Rentrée très agitée pour les stars de la télé

par LÉNA LUTAUD.
Publié le 08 septembre 2007 /Le Figaro
 
Redoutant les ambitions de Stéphane Courbit, les animateurs- producteurs apprennent à travailler en réduisant les coûts.
 
QUI VENDRA ? À qui ? Et pour combien de millions d'euros ? Jamais une rentrée n'a été aussi agitée chez les animateurs-producteurs. « C'est la révolution », s'amuse Julien Courbet dont la société Concepteria est convoitée, tout comme celles de Marc-Olivier Fogiel, de Sébastien Cauet, de Nagui, de Laurence Ferrari et de Thierry Ardisson.
 
La rentrée 2006 avait été celle du mercato des stars de la télé. Celle de 2007 sera celle où ils pourraient « passer à la caisse » en vendant leurs sociétés. Cette excitation générale est due au départ de Stéphane Courbit qui quitte Endemol France. Cet homme de l'ombre qui fait partie du top 4 des décideurs est soupçonné de vouloir rebondir fort très rapidement. « Stéphane Courbit est capable dès demain de créer une société de production et de s'entourer de stars qu'il fidéliserait en rachetant leurs sociétés », lâche un grand producteur. Hier soir, Stéphane Courbit a catégoriquement démenti être en train de créer une société de production.
 
« Et une fois parti d'Endemol, il fait quoi ? », s'inquiètent ses rivaux terrorisés par la puissance de Stéphane Courbit et de Silvio Berlusconi, le nouveau propriétaire d'Endemol. Le scénario qu'ils redoutent ? D'un côté, Berlusconi possède un imposant catalogue de concepts (dont la Star Ac...). De l'autre, l'hypothétique nouvelle société de Stéphane Courbit aurait la main sur les animateurs. D'où l'excitation générale sur le thème : « Il faut prendre Stéphane Courbit de vitesse et racheter avant lui les sociétés des animateurs-producteurs. C'est maintenant ou jamais ! » Pour faire grimper les enchères, les animateurs soulignent qu'à l'antenne, la cote des plus de 40 ans grimpe. Les chaînes françaises s'inspirent en effet de plus en plus des États-Unis où tous les animateurs ont les cheveux blancs, dans les journaux télévisés comme dans les talk-shows. Leurs noms sont des marques et leur aisance à l'antenne est une sécurité pour les grandes chaînes. Un détail qui compte à l'heure où leurs audiences et donc leurs recettes publicitaires s'effritent à cause de la TNT.
 
Plus de 30 % de marges

 
En attendant de s'enrichir un peu plus, les animateurs-producteurs ont des soucis. En 2000, ils dominaient les chaînes. En 2007, le rapport s'est inversé. Les diffuseurs ont le choix entre pléthore de divertissements où l'animateur est interchangeable. Les patrons des chaînes ne voient pas pourquoi leurs fournisseurs feraient plus de 30%, voire 50 %, de marges (les profits exacts des uns et des autres sont le secret le mieux gardé du PAF) alors que les chaînes font beaucoup moins.
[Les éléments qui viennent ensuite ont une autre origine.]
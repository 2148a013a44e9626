//! Worked days of market orders, the messages of such orders that are rejected, and the cut from which on there are any.
ghost use Rattle.std.specs.Prelude.{◌+◌, OnOk};
ghost use Rattle.book.specs.Standing.{Below};

use crate::tests::asking::{Kind, Told, abc_book, are_told, ask, limits, room_for_told};
use crate::tests::worked_rows::{Row, play};
use Kind::{Day, FillOrKill};
use Side::{Buy, Sell};
use book::{Book, BookLogic};
use fix_orders::decode;
use std::alloc::{AllocError, Global};
use std::test::Fail;
use venue_model::{Command, Output, Side};

const MARKET_ORDER_ALONE: Row = Row {
    asks: &[(1, Day, Buy, 100, 0, 1)],
    reports: &[
        (
            1,
            b"37=1|17=1|150=0|39=0|11=1|55=ABC|54=1|38=100|151=100|14=0|6=0|",
        ),
        (
            1,
            b"37=1|17=2|150=4|39=4|11=1|55=ABC|54=1|38=100|151=0|14=0|6=0|",
        ),
    ],
};

const MARKET_ORDER_SWEEPS: Row = Row {
    asks: &[
        (1, Day, Sell, 5, 50, 1),
        (1, Day, Sell, 5, 60, 2),
        (2, Day, Buy, 12, 0, 1),
    ],
    reports: &[
        (
            1,
            b"37=1|17=1|150=0|39=0|11=1|55=ABC|54=2|38=5|44=50|151=5|14=0|6=0|",
        ),
        (
            1,
            b"37=2|17=2|150=0|39=0|11=2|55=ABC|54=2|38=5|44=60|151=5|14=0|6=0|",
        ),
        (
            2,
            b"37=3|17=3|150=0|39=0|11=1|55=ABC|54=1|38=12|151=12|14=0|6=0|",
        ),
        (
            1,
            b"37=1|17=4|150=F|39=2|11=1|55=ABC|54=2|38=5|44=50|32=5|31=50|151=0|14=5|6=50|",
        ),
        (
            2,
            b"37=3|17=5|150=F|39=1|11=1|55=ABC|54=1|38=12|32=5|31=50|151=7|14=5|6=50|",
        ),
        (
            1,
            b"37=2|17=6|150=F|39=2|11=2|55=ABC|54=2|38=5|44=60|32=5|31=60|151=0|14=5|6=60|",
        ),
        (
            2,
            b"37=3|17=7|150=F|39=1|11=1|55=ABC|54=1|38=12|32=5|31=60|151=2|14=10|6=55|",
        ),
        (
            2,
            b"37=3|17=8|150=4|39=4|11=1|55=ABC|54=1|38=12|151=0|14=10|6=55|",
        ),
    ],
};

const MARKET_ORDER_KILLED: Row = Row {
    asks: &[
        (1, Day, Sell, 5, 50, 1),
        (1, Day, Sell, 5, 60, 2),
        (2, FillOrKill, Buy, 12, 0, 1),
    ],
    reports: &[
        (
            1,
            b"37=1|17=1|150=0|39=0|11=1|55=ABC|54=2|38=5|44=50|151=5|14=0|6=0|",
        ),
        (
            1,
            b"37=2|17=2|150=0|39=0|11=2|55=ABC|54=2|38=5|44=60|151=5|14=0|6=0|",
        ),
        (
            2,
            b"37=3|17=3|150=0|39=0|11=1|55=ABC|54=1|38=12|151=12|14=0|6=0|",
        ),
        (
            2,
            b"37=3|17=4|150=4|39=4|11=1|55=ABC|54=1|38=12|151=0|14=0|6=0|",
        ),
    ],
};

/// C1 buys 100 by a market order.
const MARKET_ORDER: &[u8] =
    b"8=FIX.4.4|9=96|35=D|49=C1|56=VENUE|34=2|52=20250102-09:30:00|11=1|55=ABC|54=1|60=20250102-09:30:00|38=100|40=1|10=050|";

/// Messages that ask for a market order in a wrong way, and the body of the Reject that answers each.
const REJECTED: &[(&[u8], &[u8])] = &[
    (
        b"8=FIX.4.4|9=102|35=D|49=C1|56=VENUE|34=2|52=20250102-09:30:00|11=1|55=ABC|54=1|60=20250102-09:30:00|38=100|40=1|44=50|10=097|",
        b"45=2|371=44|372=D|373=2|",
    ),
    (
        b"8=FIX.4.4|9=89|35=D|49=C1|56=VENUE|34=2|52=20250102-09:30:00|11=1|55=ABC|54=1|60=20250102-09:30:00|40=1|10=250|",
        b"45=2|371=38|372=D|373=1|",
    ),
    (
        b"8=FIX.4.4|9=96|35=D|49=C1|56=VENUE|34=2|52=20250102-09:30:00|11=1|55=ABC|54=1|60=20250102-09:30:00|38=100|40=3|10=052|",
        b"45=2|371=44|372=D|373=1|",
    ),
    (
        b"8=FIX.4.4|9=107|35=G|49=C1|56=VENUE|34=2|52=20250102-09:30:00|11=2|41=1|55=ABC|54=1|60=20250102-09:30:00|38=100|40=1|44=50|10=062|",
        b"45=2|371=40|372=G|373=5|",
    ),
];

#[test]
fn market_order_alone(rt: HostRuntime) -> Result<(), Fail> {
    play(rt.alloc(), &MARKET_ORDER_ALONE)
}

#[test]
fn market_order_sweeps(rt: HostRuntime) -> Result<(), Fail> {
    play(rt.alloc(), &MARKET_ORDER_SWEEPS)
}

#[test]
fn market_order_killed(rt: HostRuntime) -> Result<(), Fail> {
    play(rt.alloc(), &MARKET_ORDER_KILLED)
}

/// The bytes of a message.
fn bytes_of(alloc: Global, text: &[u8]) -> Result<Vec<u8>, AllocError> {
    let mut bytes = Vec::with_capacity(alloc, text.len())?;
    for byte in text {
        bytes.push(if *byte == b'|' { 1 } else { *byte })?;
    }
    Ok(bytes)
}

/// Whether an empty book tells C1 this alone of a message.
fn is_answer(alloc: Global, text: &[u8], body: &'static [u8]) -> Result<bool, Fail> {
    let command = command_in(alloc, text)?;
    let mut book = abc_book(alloc)?;
    let mut out = room_for_told(alloc)?;
    tells(&mut book, 0, &command, &mut out, &[(1, body)])
}

/// The command of a message, whose market orders are read.
fn command_in(alloc: Global, text: &[u8]) -> Result<Command, AllocError> {
    let bytes = bytes_of(alloc, text)?;
    Ok(decode(&bytes, true))
}

/// Whether a book tells these reports of C1's command at this sequence, where each earlier one told one.
fn tells(
    book: &mut Book,
    sequence: u64,
    command: &Command,
    out: &mut Vec<Output>,
    reports: &[Told],
) -> Result<bool, Fail>
    requires { Below sequence book.old.state.orders }
    ensures { OnOk result (Below (sequence + 1) book.new.state.orders) }
{
    ask(book, sequence, 1, command, out)?;
    Ok(are_told(out, sequence, reports))
}

#[test]
fn market_orders_rejected(rt: HostRuntime) -> Result<(), Fail> {
    for (text, body) in REJECTED {
        assert!(rt; is_answer(rt.alloc(), text, body)?);
    }
    Ok(())
}

/// What a book tells C1 of the market order at the first sequence, below the cut.
const BELOW_THE_CUT: &[Told] = &[(1, b"45=2|371=44|372=D|373=1|")];

/// What it tells of the same order at the next one, from which on market orders are read.
const FROM_THE_CUT_ON: &[Told] = &[
    (
        1,
        b"37=2|17=2|150=0|39=0|11=1|55=ABC|54=1|38=100|151=100|14=0|6=0|",
    ),
    (
        1,
        b"37=2|17=3|150=4|39=4|11=1|55=ABC|54=1|38=100|151=0|14=0|6=0|",
    ),
];

/// Whether an entry's command is a new order.
fn is_new(command: &Command) -> bool {
    matches!(command, Command::New { .. })
}

/// Whether the book of a logic tells these reports of the market order, which it reads twice.
fn reads_twice(alloc: Global, logic: &BookLogic, bytes: &[u8]) -> Result<bool, Fail> {
    let mut book = Book::of(alloc, *logic)?;
    let mut out = room_for_told(alloc)?;
    tells_twice(&mut book, logic, bytes, &mut out)
}

fn tells_twice(
    book: &mut Book,
    logic: &BookLogic,
    bytes: &[u8],
    out: &mut Vec<Output>,
) -> Result<bool, Fail>
    requires { Below 0 book.old.state.orders }
{
    let is_rejected = tells_of(book, logic, 0, bytes, out, BELOW_THE_CUT)?;
    let is_told = tells_of(book, logic, 1, bytes, out, FROM_THE_CUT_ON)?;
    Ok(is_rejected && is_told)
}

/// Whether a book tells these reports of C1's message, as the logic reads the message at this sequence.
fn tells_of(
    book: &mut Book,
    logic: &BookLogic,
    sequence: u64,
    bytes: &[u8],
    out: &mut Vec<Output>,
    reports: &[Told],
) -> Result<bool, Fail>
    requires { Below sequence book.old.state.orders }
    ensures { OnOk result (Below (sequence + 1) book.new.state.orders) }
{
    let command = logic.read(sequence, bytes);
    tells(book, sequence, &command, out, reports)
}

/// Whether the message is a new order from the cut on alone.
fn is_new_from_the_cut_on(logic: &BookLogic, bytes: &[u8]) -> bool {
    !is_new(&logic.read(0, bytes)) && is_new(&logic.cut_at(0).read(0, bytes))
}

#[test]
fn market_orders_from_the_cut_on(rt: HostRuntime) -> Result<(), Fail> {
    let alloc = rt.alloc();
    let limits = limits(alloc, &["ABC"])?.cut_at(1);
    assert_eq!(rt; limits.cut(), 1);
    let logic = BookLogic::of(&limits);
    let bytes = bytes_of(alloc, MARKET_ORDER)?;
    assert!(rt; reads_twice(alloc, &logic, &bytes)?);
    assert!(rt; is_new_from_the_cut_on(&logic, &bytes));
    Ok(())
}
Du coup, ils réclament des émissions plus riches en contenu, mais pour le même prix qu'il y a cinq ans.
 
« Cette année, le marché est encore plus difficile, car une émission qui ne marche pas disparaît aussitôt », ajoute Corinne Morin, directrice de Reservoir Prod, la société de Jean-Luc Delarue.
 
« L'âge d'or de la pub s'est terminé à la fin des années 1980. La télé devient à son tour une industrie comme une autre », résume Thierry Ardisson. « Apprendre à produire low-cost et à vivre dans la vraie vie ne sera pas facile pour tous », sourit le grand patron d'une chaîne.


11:59 Publié dans Zoom out | Lien permanent | Commentaires (0)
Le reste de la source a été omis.